#### WHAT IS NEEDED:
Give back exactly the lines of the data below, starting with the line that has "which all hosts" and going on through the line that has "viaduct rounds FILE".

Dataset entries:
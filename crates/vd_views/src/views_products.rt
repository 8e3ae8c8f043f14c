//! What hosts see together of the product of two shared inputs. Nothing is computed here: each function's clauses are laws.

ghost use Rattle.vd_execution.specs.World.{Tape};
ghost use Rattle.vd_execution.specs.Deals.{IsValidDeal};
ghost use Rattle.vd_views.specs.Views.{Coalition};
ghost use Rattle.vd_views.specs.Contract.{InputWords, CanBeExcused, IsExplained, GoesBackTo};
ghost use Rattle.vd_views.specs.Product.{product_plan, HaveSameProduct};
ghost use Rattle.vd_views.specs.Example.{WorkedProduct};

/// Two hosts share their inputs, multiply them, and open the product to both. Where other inputs have the same product, and the
/// hosts that look have their own again, the deal that is computed explains them to these; explained back, the first deal comes
/// again.
pub fn a_product_can_be_excused()
    ensures condition { (K : Coalition) (t : Tape) (second : InputWords) → IsValidDeal t → HaveSameProduct K t second →
        CanBeExcused K product_plan t second }
    ensures explained { (K : Coalition) (t : Tape) (second : InputWords) → IsValidDeal t → HaveSameProduct K t second →
        IsExplained K product_plan t second }
    ensures back { (K : Coalition) (first : InputWords) → GoesBackTo K product_plan first }
{}

/// The product of 7 and 6, and of 2147483655 and 6: a second deal, in which the first host's triple is another, explains these
/// inputs to the second host, which prints 42 in both runs.
pub fn worked_product()
    ensures { WorkedProduct }
{}
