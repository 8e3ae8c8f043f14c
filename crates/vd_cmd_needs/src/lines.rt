//! The lines that tell what hosts take.

ghost use Rattle.std.specs.Prelude.{◌≡◌, ◌++◌, IfOk, OnOk};
ghost use Rattle.vd_report.specs.Lines.{number_field};
ghost use Rattle.vd_cmd_needs.specs.Lines as lines;

use itoa::Buffer;
use std::alloc::{AllocError, Global};
use vd_base::{Bytes, Names};
use vd_deal_needs::{HostNeeds, Shared, greater};
use vd_report::name_of;
use vd_tape::Counts;

/// What is shared where there is no such host.
const NOTHING: Shared = Shared {
    muls: 0,
    ands: 0,
    pairs: 0,
};

/// How much to deal, in one line: the first words of `deal`.
pub(crate) fn sizes_text(alloc: Global, sizes: Counts) -> Result<Bytes, AllocError>
    ensures { IfOk result (λ text. text ≡ lines.sizes_line sizes) }
{
    let mut text = Bytes::new(alloc);
    text.extend_from_slice(Buffer::new().format(u32::from(sizes.hosts)).as_bytes())?;
    push_number(&mut text, sizes.own)?;
    push_number(&mut text, sizes.muls)?;
    push_number(&mut text, sizes.ands)?;
    push_number(&mut text, sizes.pairs)?;
    text.push(b'\n')?;
    Ok(text)
}

/// A line for each host, and then one for each two hosts.
pub(crate) fn each_text(
    alloc: Global,
    names: &Names,
    needs: &[HostNeeds],
) -> Result<Bytes, AllocError>
    ensures { IfOk result (λ text. text ≡ lines.each_lines names.now needs.now) }
{
    let mut text = host_lines(alloc, names, needs)?;
    for first in 0..needs.len() {
        push_pairs(&mut text, names, needs, first)?;
    }
    Ok(text)
}

/// The lines of one host: its own, and those of it with each other host.
pub(crate) fn host_text(
    alloc: Global,
    names: &Names,
    me: usize,
    needs: &HostNeeds,
) -> Result<Bytes, AllocError>
    ensures { IfOk result (λ text. text ≡ lines.own_lines names.now me needs.now) }
{
    let mut text = Bytes::new(alloc);
    push_host(&mut text, name_of(names, me), needs)?;
    for peer in 0..names.as_slice().len() {
        push_peer(&mut text, names, me, peer, shared_at(needs, peer))?;
    }
    Ok(text)
}

/// The lines of the hosts.
fn host_lines(alloc: Global, names: &Names, needs: &[HostNeeds]) -> Result<Bytes, AllocError>
    ensures { IfOk result (λ text. text ≡ lines.host_lines names.now needs.now) }
{
    let mut text = Bytes::new(alloc);
    for (name, host) in names.iter().zip(needs.iter()) {
        push_host(&mut text, name.as_slice(), host)?;
    }
    Ok(text)
}

/// Puts the lines of a host with each later one at the end.
fn push_pairs(
    text: &mut Bytes,
    names: &Names,
    needs: &[HostNeeds],
    first: usize,
) -> Result<(), AllocError>
    ensures { OnOk result (text.new ≡ text.old ++ lines.pairs_from names.now needs.now first) }
{
    for second in 0..needs.len() {
        push_later(text, names, needs, first, second)?;
    }
    Ok(())
}

/// Puts the line of two hosts at the end, if the second is the later one.
fn push_later(
    text: &mut Bytes,
    names: &Names,
    needs: &[HostNeeds],
    first: usize,
    second: usize,
) -> Result<(), AllocError>
    ensures { OnOk result (text.new ≡ text.old ++ lines.later_line names.now needs.now first second) }
{
    if first < second {
        let shared = shared_by(needs, first, second);
        push_pair(text, name_of(names, first), name_of(names, second), shared)?;
    }
    Ok(())
}

/// Puts the line of a host and a peer at the end, the earlier one first. A host has none with itself.
fn push_peer(
    text: &mut Bytes,
    names: &Names,
    me: usize,
    peer: usize,
    shared: Shared,
) -> Result<(), AllocError>
    ensures { OnOk result (text.new ≡ text.old ++ lines.peer_line names.now me peer shared) }
{
    if me < peer {
        push_pair(text, name_of(names, me), name_of(names, peer), shared)?;
    } else if peer < me {
        push_pair(text, name_of(names, peer), name_of(names, me), shared)?;
    }
    Ok(())
}

/// What a host shares with a peer.
fn shared_at(host: &HostNeeds, peer: usize) -> Shared
    ensures { result ≡ lines.shared_at host.now peer }
{
    match host.shared.as_slice().get(peer) {
        Some(shared) => *shared,
        None => NOTHING,
    }
}

/// What the host with this number shares with a peer.
fn shared_of(needs: &[HostNeeds], host: usize, peer: usize) -> Shared
    ensures { result ≡ lines.shared_of needs.now host peer }
{
    match needs.get(host) {
        Some(host) => shared_at(host, peer),
        None => NOTHING,
    }
}

/// What two hosts share: as much as the one that takes more.
fn shared_by(needs: &[HostNeeds], first: usize, second: usize) -> Shared
    ensures { result ≡ lines.shared_by needs.now first second }
{
    greater(
        shared_of(needs, first, second),
        shared_of(needs, second, first),
    )
}

/// Puts the line of a host at the end.
fn push_host(text: &mut Bytes, name: &[u8], needs: &HostNeeds) -> Result<(), AllocError>
    ensures { OnOk result (text.new ≡ text.old ++ lines.host_line name.now needs.now) }
{
    text.extend_from_slice(name)?;
    text.extend_from_slice(b" inputs")?;
    push_number(text, needs.inputs)?;
    text.extend_from_slice(b" own")?;
    push_number(text, needs.own)?;
    text.push(b'\n')
}

/// Puts the line of two hosts at the end.
fn push_pair(
    text: &mut Bytes,
    first: &[u8],
    second: &[u8],
    shared: Shared,
) -> Result<(), AllocError>
    ensures { OnOk result (text.new ≡ text.old ++ lines.pair_line first.now second.now shared) }
{
    text.extend_from_slice(first)?;
    text.push(b' ')?;
    text.extend_from_slice(second)?;
    push_shared(text, shared)?;
    text.push(b'\n')
}

/// Puts the numbers of what two hosts share at the end.
fn push_shared(text: &mut Bytes, shared: Shared) -> Result<(), AllocError>
    ensures { OnOk result (text.new ≡ text.old ++ lines.shared_fields shared) }
{
    text.extend_from_slice(b" mul")?;
    push_number(text, shared.muls)?;
    text.extend_from_slice(b" and")?;
    push_number(text, shared.ands)?;
    text.extend_from_slice(b" pair")?;
    push_number(text, shared.pairs)
}

/// Puts a number at the end, behind a space.
fn push_number(text: &mut Bytes, number: u32) -> Result<(), AllocError>
    ensures { OnOk result (text.new ≡ text.old ++ number_field number) }
{
    text.push(b' ')?;
    text.extend_from_slice(Buffer::new().format(number).as_bytes())
}
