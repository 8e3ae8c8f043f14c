//! The names of several hosts in one word.

ghost use Rattle.std.specs.Prelude.{◌≡◌, IfOk};
ghost use Rattle.vd_cmd.specs.Groups.{are_new, between_commas, is_among};

use std::alloc::{AllocError, Global};
use vd_base::Texts;

/// The texts between the commas of a word, in order.
pub(crate) fn between_commas(alloc: Global, word: &str) -> Result<Texts, AllocError>
    ensures { IfOk result (λ texts. texts ≡ between_commas word.now) }
{
    let mut list = Texts::new(alloc);
    let mut rest = word;
    'texts: while let Some((text, behind)) = rest.split_once(',') {
        list.push(text)?;
        rest = behind;
    }
    list.push(rest)?;
    Ok(list)
}

/// Whether a name is one of those between the commas of a word.
fn is_among(name: &str, word: &str) -> bool
    ensures { result ≡ is_among (between_commas word.now) name.now }
{
    let mut rest = word;
    'others: while let Some((other, behind)) = rest.split_once(',') {
        if other == name {
            return true;
        }
        rest = behind;
    }
    rest == name
}

/// Whether none of the names between the commas of a word is empty, or stands twice.
pub(crate) fn are_new(word: &str) -> bool
    ensures { result ≡ are_new (between_commas word.now) }
{
    let mut rest = word;
    'names: while let Some((name, behind)) = rest.split_once(',') {
        if name.is_empty() || is_among(name, behind) {
            return false;
        }
        rest = behind;
    }
    !rest.is_empty()
}
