//! The commands `needs` and `rounds`: how much to deal for a source, what each host takes, and what it sends to each other one.
#![tactic(auto)]

mod laws;
mod lines;
mod needs_command;
mod program;
mod rounds_lines;

pub use laws::{kinds_are_told, sizes_are_dealt};
pub use needs_command::needs;
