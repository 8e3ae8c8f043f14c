//! Laws of what hosts can change. The functions here do nothing: the contract of each is a law.

ghost use Rattle.std.specs.Prelude.{Bool, false, ℕ, ◌^◌, ◌<◌, length};
ghost use Rattle.vd_formula.specs.TruthTable.{TruthTable};
ghost use Rattle.vd_base.specs.declared.ids.HostId.{HostId};
ghost use Rattle.vd_core.specs.declared.normal.NormalForm.{NormalForm};
ghost use Rattle.vd_noninter.specs.NoninterLawsDependence.{IsSingle, OfEachHost};
ghost use Rattle.vd_noninter.specs.IntegrityLawsInfluence.{AreEnoughToTell, AreInfluences, AreNested, AreTrusted, OfEachInfluence};
ghost use Rattle.vd_noninter.specs.Trust.{IsTrust, IsKept, IsRobust, IsTransparent, OfEachProgram, OfEachTrust, for_formula, against};

/// Two families of inputs that agree on the trusted hosts, and under which the same words become trusted, give each
/// trusted host the same outputs, and the same words to all trusted slots under trusted guards.
pub fn trusted_words_are_kept()
    ensures { OfEachTrust (λ p l T. IsKept p l T) }
{}

/// Whoever trusts a formula, or counts some principals as attackers, trusts in this sense.
pub fn who_trusts()
    ensures formulas { (n : ℕ) (t : TruthTable) → IsTrust n (for_formula t) }
    ensures attackers { (n set : ℕ) → set < 2 ^ n → IsTrust n (against set) }
{}

/// Principals that could not read the operand of a declassification choose neither the word nor whether it is made, but
/// through endorsements whose result they cannot act for.
pub fn declassifications_are_robust()
    ensures { OfEachProgram (λ p l. (set : ℕ) → set < 2 ^ length p.principals → IsRobust p l set) }
{}

/// No endorsement makes a word trusted that principals could have given who cannot read it, and who cannot act for the result.
pub fn endorsements_are_transparent()
    ensures { OfEachProgram (λ p l. (set : ℕ) → set < 2 ^ length p.principals → IsTransparent p l set) }
{}

/// The hosts whose inputs can bear on a host's outputs are enough to compute them, and there is one set of them: with
/// endorsements passed; and without, where the same words are endorsed. The second set is within the first.
pub fn influences_tell()
    ensures enough { OfEachInfluence (λ passed p h hosts. AreEnoughToTell passed p h hosts) }
    ensures single { (passed : Bool) (p : NormalForm) (h : HostId) → IsSingle (AreInfluences passed p h) }
    ensures nested { (p : NormalForm) (h : HostId) → AreNested p h }
{}

/// Each host whose inputs bear on a host's outputs, other than through endorsements, has an integrity that acts for its own.
pub fn influences_are_trusted()
    ensures { OfEachHost (λ p l h. (hosts : ℕ → Bool) → AreInfluences false p h hosts → AreTrusted p h hosts) }
{}
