To run it:
  viaduct compile SOURCE PREFIX [early] [BUDGET]
                                print the cheapest protocols, as choose does, and store the program of each host i
                                as PREFIX.i.host; with early, in an order in which hosts wait for fewer rounds, and
                                which all hosts of a run must have
  viaduct needs FILE [each] [BUDGET]
                                print the five numbers with which deal makes enough for the source FILE; with each,
                                how many inputs and items each host and each two hosts take at most; where FILE is
                                the program of a host, how many that host takes
  viaduct rounds FILE [BUDGET]  print what a run of the source FILE costs, before anything is dealt: how many packets, words
                                and bytes go from each host to each other one; where FILE is the program of a host,
                                what goes out from that host
  viaduct column HOST FILE NAME[*FACTOR] ..
                                print the section of HOST in an inputs file: of each row of the CSV file FILE, which has
                                a header, the words of these columns, each times its FACTOR
  viaduct deal HOSTS OWN MULS ANDS PAIRS KEY PREFIX
                                store PREFIX.i.deal for each host i: OWN own words, and with each other host
                                MULS and ANDS products and PAIRS pairs, all made from the number KEY; or, where KEY is
                                draw, or @ and the name of a file of 32 bytes, from a key that is drawn or read, for a
                                run whose links are sealed
  viaduct check PROGRAM INPUTS DEAL
                                look at the files of a host before it is run, and mark nothing: print its plan, how many
                                inputs and items it takes at most and how many there are, and whether DEAL was used
  viaduct host PROGRAM INPUTS DEAL ADDR..
                                run the host whose program the file PROGRAM is, over sockets, with its own part of
                                INPUTS and its deal; there is one ADDR for each other host, in host order, where the
                                earlier host of the two listens; print listening, then each word, then ended; links
                                are sealed, and DEAL is used once, where the dealer's KEY was draw or a file, and
                                else neither encrypted nor authenticated: put them into a tunnel
  viaduct host-within SECONDS PROGRAM INPUTS DEAL ADDR..
                                run a host as host does, with no wait for another one longer than SECONDS, 1 to 604800
  viaduct report SOURCE HOST FILE [json]
                                print the words of HOST with their names, one a line, or with json as one JSON object;
                                FILE has what host printed there, or the report of replay or run
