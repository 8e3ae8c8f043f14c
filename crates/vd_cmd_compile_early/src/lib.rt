//! The command `compile` with the word `early`: the programs of all hosts of a source in an order that waits less, each in a file of its
//! own.
#![tactic(auto)]

mod early_command;
mod laws;

pub use early_command::run_early;
pub use laws::plans_tell_source_choice_and_order;
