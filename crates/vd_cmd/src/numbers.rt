//! Numbers of a command line.

ghost use Rattle.std.specs.Prelude.{◌≡◌, ◌≤◌, ◌^◌, IfSome};
ghost use Rattle.vd_cmd.specs.Numbers.{number_within, value_below};

use vd_base::{Text, is_numeral};

/// The value of a decimal number of at most 64 bits.
fn value(text: &[u8]) -> Option<u64>
    ensures { result ≡ value_below (2 ^ 64) text.now }
{
    if !is_numeral(text) {
        return None;
    }
    let mut value: u64 = 0;
    for digit in text {
        value = value
            .checked_mul(10)?
            .checked_add(u64::from(*digit - b'0'))?;
    }
    Some(value)
}

/// The number that a text is, if it is one from `least` to `most`.
pub(crate) fn number_within(least: u64, most: u64, text: &Text) -> Option<u64>
    ensures number { result ≡ number_within least most text.now }
    ensures within { IfSome result (λ n. (least ≤ n) × (n ≤ most)) }
{
    let number = value(text.as_str().as_bytes())?;
    if least <= number && number <= most {
        Some(number)
    } else {
        None
    }
}
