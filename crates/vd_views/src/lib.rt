//! Two joint runs that look alike to hosts that put together what they see. Nothing is computed here: each function's clauses are laws.
#![tactic(auto)]

ghost use Rattle.std.specs.Prelude.{◌≡◌, ◌≢◌, ℕ, List, [], ◌∷◌};
ghost use Rattle.vd_execution.specs.declared.instructions.Act.{Act};
ghost use Rattle.vd_execution.specs.World.{Tape};
ghost use Rattle.vd_execution.specs.Joint.{Joint, Hosts, IsTidy};
ghost use Rattle.vd_execution.specs.Acts.{ActsAreTidy};
ghost use Rattle.vd_execution.specs.Gadgets.{Sharing, BySums, Masking, Gadget, GadgetsAreTidy};
ghost use Rattle.vd_execution.specs.Plans.{Plan, PlanIsTidy};
ghost use Rattle.vd_views.specs.Claims.{AreSound, JointKeepsAlike, ActsKeepAlike, TellsFirst, GadgetsKeepAlike, GadgetsHideBack};
ghost use Rattle.vd_views.specs.Claims.{HasExcuse, AllowsExcuse, HasViewExcuse, PlanHidesBack, IsOnlyItem, AreOnlyItems};
ghost use Rattle.vd_views.specs.Views.{Coalition, IsIn};
ghost use Rattle.vd_views.specs.Back.{AreAlternatives};
ghost use Rattle.vd_views.specs.Contract.{InputWords, CanBeExcused, IsExplained, GoesBack};
ghost use Rattle.vd_views.specs.Items.{item_for};
ghost use Rattle.vd_views.specs.Moved.{MovesWell};
ghost use Rattle.vd_views.specs.MovedExample.{WorkedBranch};

/// A host that has the same inputs and dealt items in two runs, and is told the same words, is the same in both.
pub fn what_a_host_sees()
    ensures blocks { (h : ℕ) (t u : Tape) (j : Joint) → IsTidy j → JointKeepsAlike h t u j }
    ensures acts { (h : ℕ) (t u : Tape) (acts : List Act) → ActsAreTidy acts → ActsKeepAlike h t u acts }
    ensures acts_first { (h : ℕ) (t u : Tape) (acts : List Act) (j : Joint) → TellsFirst h t u acts j }
{}

/// Gadgets that hide alike what items hide, and tell a coalition the same openly, leave its hosts the same; exchanged, they hide
/// alike too.
pub fn gadgets_hide()
    ensures alike { (K : Coalition) (t u : Tape) (gs : List Gadget) → GadgetsAreTidy gs → GadgetsKeepAlike K t u gs }
    ensures back { (K : Coalition) (t u : Tape) (gs : List Gadget) → GadgetsHideBack K t u gs }
{}

/// For every coalition and second run there is one valid deal with the same parts for its hosts, the same own words and inputs, and
/// the same items among hosts outside, by which what items hide is hidden alike. It is computed gadget by gadget, along both
/// runs. Where the coalition then reads the same guards and is told the same openly, it sees the same as in the first run. From
/// the start own words are moved first, to where the second run gives them to the coalition.
pub fn every_run_has_an_excuse()
    ensures gadgets { (K : Coalition) (t u : Tape) (gs : List Gadget) (w v : Hosts) → GadgetsAreTidy gs → AreSound t u w v →
        HasExcuse K t u gs w v }
    ensures views { (K : Coalition) (t u : Tape) (plan : Plan Gadget) (w v : Hosts) → PlanIsTidy plan → AllowsExcuse K t u plan w v →
        HasViewExcuse K t u plan w v }
    ensures from_the_start { (K : Coalition) (plan : Plan Gadget) (t : Tape) (second : InputWords) → CanBeExcused K plan t second →
        IsExplained K plan t second }
{}

/// Own words can be moved so that those at some places stand at others, in the same order. Moved back, each stands where it stood.
pub fn own_words_can_be_moved()
    ensures { MovesWell }
{}

/// Alice shares a word with bob in a branch that carol does not see, and one with carol after it: carol gets another own word where
/// the branch is not taken. So the second deal has alice's first two own words exchanged.
pub fn worked_branch()
    ensures { WorkedBranch }
{}

/// Exchanged, the second deal explains the first run by the second just so, and the items that do so are the only ones. So what
/// explains back is the first deal again.
pub fn the_way_back()
    ensures plan { (K : Coalition) (t u : Tape) (plan : Plan Gadget) → PlanHidesBack K t u plan }
    ensures item { (K : Coalition) (h : ℕ) (t y z : Tape) (s : Sharing) (m : Masking) → IsIn K h → m.host.0 ≢ h → AreAlternatives K y z →
        IsOnlyItem h t y z s m }
    ensures gadgets { (K : Coalition) (t y z : Tape) (gs : List Gadget) → GadgetsAreTidy gs → AreAlternatives K y z →
        AreOnlyItems K t y z gs }
    ensures deal { (K : Coalition) (plan : Plan Gadget) → PlanIsTidy plan → GoesBack K plan }
{}

/// The item that hides 2147483658 as the triple 1, 4, 5 hid 10, beside 2, 0, 7: the first part rises by half the words, and
/// the rest stays.
pub fn worked_item()
    ensures { item_for BySums (1 ∷ 4 ∷ 5 ∷ []) (2 ∷ 0 ∷ 7 ∷ []) 10 2147483658 1 1 ≡ 2147483649 ∷ 4 ∷ 5 ∷ [] }
{}

mod equivocation_pairs;
mod views_backends;
mod views_deals;
mod views_lengths;
mod views_products;
mod views_programs;

pub use equivocation_pairs::pairs_are_read_off;
pub use views_backends::quiet_gadgets_tell_the_same;
pub use views_deals::deal_files_belong_to_each_other;
pub use views_lengths::lengths_tell_ways_alone;
pub use views_products::{a_product_can_be_excused, worked_product};
pub use views_programs::{
    any_order_looks_alike, deals_belong_to_each_other, inputs_choose_the_branches,
    other_inputs_have_an_excuse, what_may_not_be_read_stays_open, worked_excuse,
};
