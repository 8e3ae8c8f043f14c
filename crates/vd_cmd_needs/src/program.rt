//! The program of a host, and what it takes.

ghost use Rattle.std.specs.Prelude.{◌≡◌, [], IfOk};
ghost use Rattle.vd_hostcode.specs.Outcome.{CanRun, IsHeaded};
ghost use Rattle.vd_cmd_plan.specs.Plans.{Computes, ended};
ghost use Rattle.vd_cmd_needs.specs.Needing.{ExecutesHost, is_program_text, program_text};
ghost use Rattle.vd_cmd_needs.specs.Needed.{needs_in};
ghost use Rattle.vd_cmd_needs.specs.Lines.{program_lines};
ghost use Rattle.vd_cmd_needs.specs.RoundsLines.{told_in};
ghost use Rattle.vd_cmd_needs.specs.Telling.{TellsHost};

use crate::lines::host_text;
use crate::needs_command::printing;
use crate::rounds_lines::told_text;
use std::alloc::{AllocError, Global};
use vd_base::Bytes;
use vd_cmd::NeedsKind;
use vd_cmd_plan::{Answer, Status, program_in};
use vd_deal_needs::{HostNeeds, host_needs};
use vd_hostcode::HostProgram;

/// Whether the bytes begin as the program of a host does, and as no source does.
pub(crate) fn is_program(bytes: &[u8]) -> bool
    ensures { result ≡ is_program_text bytes.now }
{
    bytes.starts_with(b"viaduct-host ")
}

/// What the host of a program takes.
fn needs_in(alloc: Global, program: &HostProgram) -> Result<HostNeeds, AllocError>
    requires heading { IsHeaded program.now }
    requires code { CanRun program.now }
    ensures { IfOk result (λ needs. needs ≡ needs_in program.now) }
{
    let hosts = program.hosts.as_slice().len() as u8;
    host_needs(alloc, hosts, program.code.as_slice())
}

/// What the host of a program takes, as it is printed.
fn items_text(alloc: Global, program: &HostProgram) -> Result<Bytes, AllocError>
    requires heading { IsHeaded program.now }
    requires code { CanRun program.now }
    ensures { IfOk result (λ text. text ≡ program_lines program.now) }
{
    let needs = needs_in(alloc, program)?;
    host_text(alloc, &program.hosts, usize::from(program.me.0), &needs)
}

/// What the host of a program tells each other one, as it is printed.
fn told_by(alloc: Global, program: &HostProgram) -> Result<Bytes, AllocError>
    requires heading { IsHeaded program.now }
    requires code { CanRun program.now }
    ensures { IfOk result (λ text. text ≡ told_in program.now) }
{
    let me = usize::from(program.me.0);
    let code = program.code.as_slice();
    told_text(alloc, &program.hosts, me, code)
}

/// What is printed of the program of a host.
fn program_text(alloc: Global, program: &HostProgram, kind: NeedsKind) -> Result<Bytes, AllocError>
    requires heading { IsHeaded program.now }
    requires code { CanRun program.now }
    ensures { IfOk result (λ text. text ≡ program_text kind program.now) }
{
    match kind {
        NeedsKind::Sizes => items_text(alloc, program),
        NeedsKind::Each => items_text(alloc, program),
        NeedsKind::Rounds => told_by(alloc, program),
    }
}

/// Prints what the host of a program takes, or tells.
fn answer_host(alloc: Global, program: &HostProgram, kind: NeedsKind) -> Result<Answer, Status>
    requires heading { IsHeaded program.now }
    requires code { CanRun program.now }
    ensures { Computes (ended [] (program_text kind program.now)) result }
{
    let printed = program_text(alloc, program, kind)?;
    Ok(printing(alloc, printed))
}

/// What `needs` or `rounds` does with the program of a host.
pub(crate) fn needs_in_host(alloc: Global, bytes: &[u8], kind: NeedsKind) -> Result<Answer, Status>
    ensures executes { ExecutesHost kind bytes.now result }
    ensures tells { TellsHost kind bytes.now result }
{
    let program = program_in(alloc, bytes)?;
    answer_host(alloc, &program, kind)
}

#### ANSWER SPACE:
                                which all hosts of a run must have
  viaduct needs FILE [each] [BUDGET]
                                print the five numbers with which deal makes enough for the source FILE; with each,
                                how many inputs and items each host and each two hosts take at most; where FILE is
                                the program of a host, how many that host takes
  viaduct rounds FILE [BUDGET]  print what a run of the source FILE costs, before anything is dealt: how many packets, words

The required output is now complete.